TO DO: I need the lines below from the one with "None → MayWant" down to the one with "MayWant state (extend" reproduced exactly, both ends included, and nothing else.
___ DATA EXTRACTS
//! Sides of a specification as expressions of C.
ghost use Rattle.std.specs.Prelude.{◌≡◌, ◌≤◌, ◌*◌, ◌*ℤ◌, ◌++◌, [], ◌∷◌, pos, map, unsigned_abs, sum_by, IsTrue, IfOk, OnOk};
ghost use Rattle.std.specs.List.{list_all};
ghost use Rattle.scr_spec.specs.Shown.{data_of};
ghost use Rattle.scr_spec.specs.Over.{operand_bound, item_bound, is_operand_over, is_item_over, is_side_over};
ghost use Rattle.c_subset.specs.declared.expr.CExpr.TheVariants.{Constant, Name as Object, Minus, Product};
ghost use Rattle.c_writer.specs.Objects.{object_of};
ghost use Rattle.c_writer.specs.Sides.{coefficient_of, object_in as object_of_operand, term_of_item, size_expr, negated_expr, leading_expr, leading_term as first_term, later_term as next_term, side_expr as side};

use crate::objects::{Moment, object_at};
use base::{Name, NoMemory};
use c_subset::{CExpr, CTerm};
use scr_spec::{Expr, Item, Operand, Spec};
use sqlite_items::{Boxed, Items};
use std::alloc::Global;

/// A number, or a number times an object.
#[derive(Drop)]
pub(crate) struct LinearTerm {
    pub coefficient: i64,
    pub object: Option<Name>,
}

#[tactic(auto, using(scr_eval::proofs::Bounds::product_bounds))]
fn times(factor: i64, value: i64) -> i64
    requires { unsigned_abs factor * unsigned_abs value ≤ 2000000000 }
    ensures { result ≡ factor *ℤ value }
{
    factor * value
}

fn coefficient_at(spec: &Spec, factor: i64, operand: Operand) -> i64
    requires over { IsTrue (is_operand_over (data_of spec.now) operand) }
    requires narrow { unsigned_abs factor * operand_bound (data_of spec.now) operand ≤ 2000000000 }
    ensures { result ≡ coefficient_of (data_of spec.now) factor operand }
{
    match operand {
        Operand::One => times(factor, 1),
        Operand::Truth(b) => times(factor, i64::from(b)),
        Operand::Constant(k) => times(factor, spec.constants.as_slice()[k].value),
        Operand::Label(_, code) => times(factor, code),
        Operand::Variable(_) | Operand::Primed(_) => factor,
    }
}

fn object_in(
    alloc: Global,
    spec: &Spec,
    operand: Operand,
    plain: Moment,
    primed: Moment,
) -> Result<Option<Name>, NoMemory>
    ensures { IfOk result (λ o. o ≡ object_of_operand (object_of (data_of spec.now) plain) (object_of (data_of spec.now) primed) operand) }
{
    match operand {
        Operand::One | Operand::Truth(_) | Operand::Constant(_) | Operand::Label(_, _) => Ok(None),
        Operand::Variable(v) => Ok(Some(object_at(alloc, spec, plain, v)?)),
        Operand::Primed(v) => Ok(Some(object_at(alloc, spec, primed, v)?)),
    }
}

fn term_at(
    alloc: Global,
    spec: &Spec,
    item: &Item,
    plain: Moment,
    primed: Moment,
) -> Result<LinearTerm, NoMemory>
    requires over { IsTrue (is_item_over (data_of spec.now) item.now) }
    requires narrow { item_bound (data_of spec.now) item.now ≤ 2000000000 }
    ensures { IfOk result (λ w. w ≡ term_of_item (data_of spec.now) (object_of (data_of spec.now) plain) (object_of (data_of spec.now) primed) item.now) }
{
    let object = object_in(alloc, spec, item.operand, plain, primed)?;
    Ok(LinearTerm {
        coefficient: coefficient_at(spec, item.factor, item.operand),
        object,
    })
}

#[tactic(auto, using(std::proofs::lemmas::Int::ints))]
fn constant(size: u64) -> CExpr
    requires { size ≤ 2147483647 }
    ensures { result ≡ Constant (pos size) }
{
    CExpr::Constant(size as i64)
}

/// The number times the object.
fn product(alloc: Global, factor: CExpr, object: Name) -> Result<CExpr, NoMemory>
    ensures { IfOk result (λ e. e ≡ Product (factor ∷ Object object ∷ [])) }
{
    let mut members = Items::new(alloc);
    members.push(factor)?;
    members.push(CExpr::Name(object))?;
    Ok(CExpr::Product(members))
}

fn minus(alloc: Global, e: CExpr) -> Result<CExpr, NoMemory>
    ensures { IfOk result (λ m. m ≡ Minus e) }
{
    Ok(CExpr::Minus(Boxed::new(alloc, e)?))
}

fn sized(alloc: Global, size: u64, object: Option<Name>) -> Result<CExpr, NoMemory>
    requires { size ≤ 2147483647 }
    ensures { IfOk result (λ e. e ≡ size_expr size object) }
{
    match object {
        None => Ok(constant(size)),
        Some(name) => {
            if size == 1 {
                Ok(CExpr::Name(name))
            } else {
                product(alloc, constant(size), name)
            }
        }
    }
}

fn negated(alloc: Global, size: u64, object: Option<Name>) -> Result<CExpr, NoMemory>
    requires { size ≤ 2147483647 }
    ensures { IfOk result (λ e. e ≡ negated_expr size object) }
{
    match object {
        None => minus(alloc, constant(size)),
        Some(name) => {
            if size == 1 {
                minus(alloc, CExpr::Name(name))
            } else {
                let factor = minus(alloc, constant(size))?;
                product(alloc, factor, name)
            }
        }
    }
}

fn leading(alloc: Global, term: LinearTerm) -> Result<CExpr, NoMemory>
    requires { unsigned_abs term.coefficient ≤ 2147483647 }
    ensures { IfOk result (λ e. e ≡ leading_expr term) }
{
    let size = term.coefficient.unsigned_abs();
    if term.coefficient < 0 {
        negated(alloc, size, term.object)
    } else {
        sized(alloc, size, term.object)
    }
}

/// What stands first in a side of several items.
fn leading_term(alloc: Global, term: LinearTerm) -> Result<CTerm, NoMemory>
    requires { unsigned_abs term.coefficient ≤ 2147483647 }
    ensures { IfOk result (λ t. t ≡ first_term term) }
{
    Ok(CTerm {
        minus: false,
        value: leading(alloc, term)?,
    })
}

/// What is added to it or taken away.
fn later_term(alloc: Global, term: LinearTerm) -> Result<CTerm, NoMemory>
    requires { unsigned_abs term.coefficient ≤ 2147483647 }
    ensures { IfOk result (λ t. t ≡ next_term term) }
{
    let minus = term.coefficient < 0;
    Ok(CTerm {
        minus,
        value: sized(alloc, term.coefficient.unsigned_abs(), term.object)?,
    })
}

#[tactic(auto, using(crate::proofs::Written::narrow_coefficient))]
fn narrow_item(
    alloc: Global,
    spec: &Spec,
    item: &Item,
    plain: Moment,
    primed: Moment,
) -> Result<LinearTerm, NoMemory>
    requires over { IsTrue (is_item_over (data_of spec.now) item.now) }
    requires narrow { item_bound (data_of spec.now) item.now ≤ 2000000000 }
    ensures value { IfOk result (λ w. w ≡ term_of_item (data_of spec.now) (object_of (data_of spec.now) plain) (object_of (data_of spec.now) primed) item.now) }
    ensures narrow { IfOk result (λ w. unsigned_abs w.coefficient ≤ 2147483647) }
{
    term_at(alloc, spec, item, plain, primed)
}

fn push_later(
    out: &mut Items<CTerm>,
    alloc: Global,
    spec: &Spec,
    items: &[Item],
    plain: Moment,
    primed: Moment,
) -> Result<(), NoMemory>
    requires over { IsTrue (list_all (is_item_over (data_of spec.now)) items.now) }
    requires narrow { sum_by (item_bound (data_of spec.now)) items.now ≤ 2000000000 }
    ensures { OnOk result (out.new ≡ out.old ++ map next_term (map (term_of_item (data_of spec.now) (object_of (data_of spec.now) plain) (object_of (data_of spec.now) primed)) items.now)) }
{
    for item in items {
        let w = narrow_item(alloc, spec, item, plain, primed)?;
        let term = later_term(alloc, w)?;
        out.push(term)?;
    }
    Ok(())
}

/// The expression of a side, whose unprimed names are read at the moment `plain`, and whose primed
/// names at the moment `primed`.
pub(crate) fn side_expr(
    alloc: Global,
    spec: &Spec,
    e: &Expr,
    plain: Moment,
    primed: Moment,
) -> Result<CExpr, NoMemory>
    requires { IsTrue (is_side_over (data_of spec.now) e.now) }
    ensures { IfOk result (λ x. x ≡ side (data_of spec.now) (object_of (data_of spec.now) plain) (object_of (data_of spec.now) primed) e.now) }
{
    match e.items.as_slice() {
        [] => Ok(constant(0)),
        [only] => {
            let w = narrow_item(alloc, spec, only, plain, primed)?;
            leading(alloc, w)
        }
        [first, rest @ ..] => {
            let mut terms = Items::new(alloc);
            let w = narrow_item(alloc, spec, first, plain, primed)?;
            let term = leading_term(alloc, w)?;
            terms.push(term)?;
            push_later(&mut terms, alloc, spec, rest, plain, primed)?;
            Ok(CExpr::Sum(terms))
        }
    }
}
______
___ DATA EXTRACTS
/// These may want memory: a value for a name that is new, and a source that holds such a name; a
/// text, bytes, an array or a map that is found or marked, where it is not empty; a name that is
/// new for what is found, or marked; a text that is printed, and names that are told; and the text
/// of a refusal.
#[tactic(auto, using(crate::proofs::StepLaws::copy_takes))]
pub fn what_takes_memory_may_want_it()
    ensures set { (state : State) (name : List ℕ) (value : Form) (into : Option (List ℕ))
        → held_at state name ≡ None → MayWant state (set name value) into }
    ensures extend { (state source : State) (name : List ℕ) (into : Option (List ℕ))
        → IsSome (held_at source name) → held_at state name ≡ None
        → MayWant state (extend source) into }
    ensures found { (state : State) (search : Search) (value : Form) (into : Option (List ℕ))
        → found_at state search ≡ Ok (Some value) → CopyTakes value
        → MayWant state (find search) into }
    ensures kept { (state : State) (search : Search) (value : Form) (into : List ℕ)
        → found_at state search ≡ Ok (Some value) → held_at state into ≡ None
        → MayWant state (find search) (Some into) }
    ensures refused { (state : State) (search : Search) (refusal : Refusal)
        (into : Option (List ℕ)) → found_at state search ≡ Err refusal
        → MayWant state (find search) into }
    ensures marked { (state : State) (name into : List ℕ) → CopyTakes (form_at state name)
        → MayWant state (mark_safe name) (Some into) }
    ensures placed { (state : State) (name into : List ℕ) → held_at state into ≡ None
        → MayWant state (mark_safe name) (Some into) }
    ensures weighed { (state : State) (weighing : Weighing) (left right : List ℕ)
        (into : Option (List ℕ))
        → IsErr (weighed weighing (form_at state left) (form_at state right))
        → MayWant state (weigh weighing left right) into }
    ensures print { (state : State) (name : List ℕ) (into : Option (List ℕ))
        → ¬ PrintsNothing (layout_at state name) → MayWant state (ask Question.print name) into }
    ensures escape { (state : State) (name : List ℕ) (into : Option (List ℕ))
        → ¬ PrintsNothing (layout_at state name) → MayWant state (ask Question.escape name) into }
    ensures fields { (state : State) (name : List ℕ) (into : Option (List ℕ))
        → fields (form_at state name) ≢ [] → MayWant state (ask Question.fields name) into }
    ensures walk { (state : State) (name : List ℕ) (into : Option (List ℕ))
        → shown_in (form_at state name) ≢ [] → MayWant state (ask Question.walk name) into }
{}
______
RESPONSE TO THIS EXERCISE:
        → held_at state name ≡ None → MayWant state (set name value) into }
    ensures extend { (state source : State) (name : List ℕ) (into : Option (List ℕ))
        → IsSome (held_at source name) → held_at state name ≡ None
        → MayWant state (extend source) into }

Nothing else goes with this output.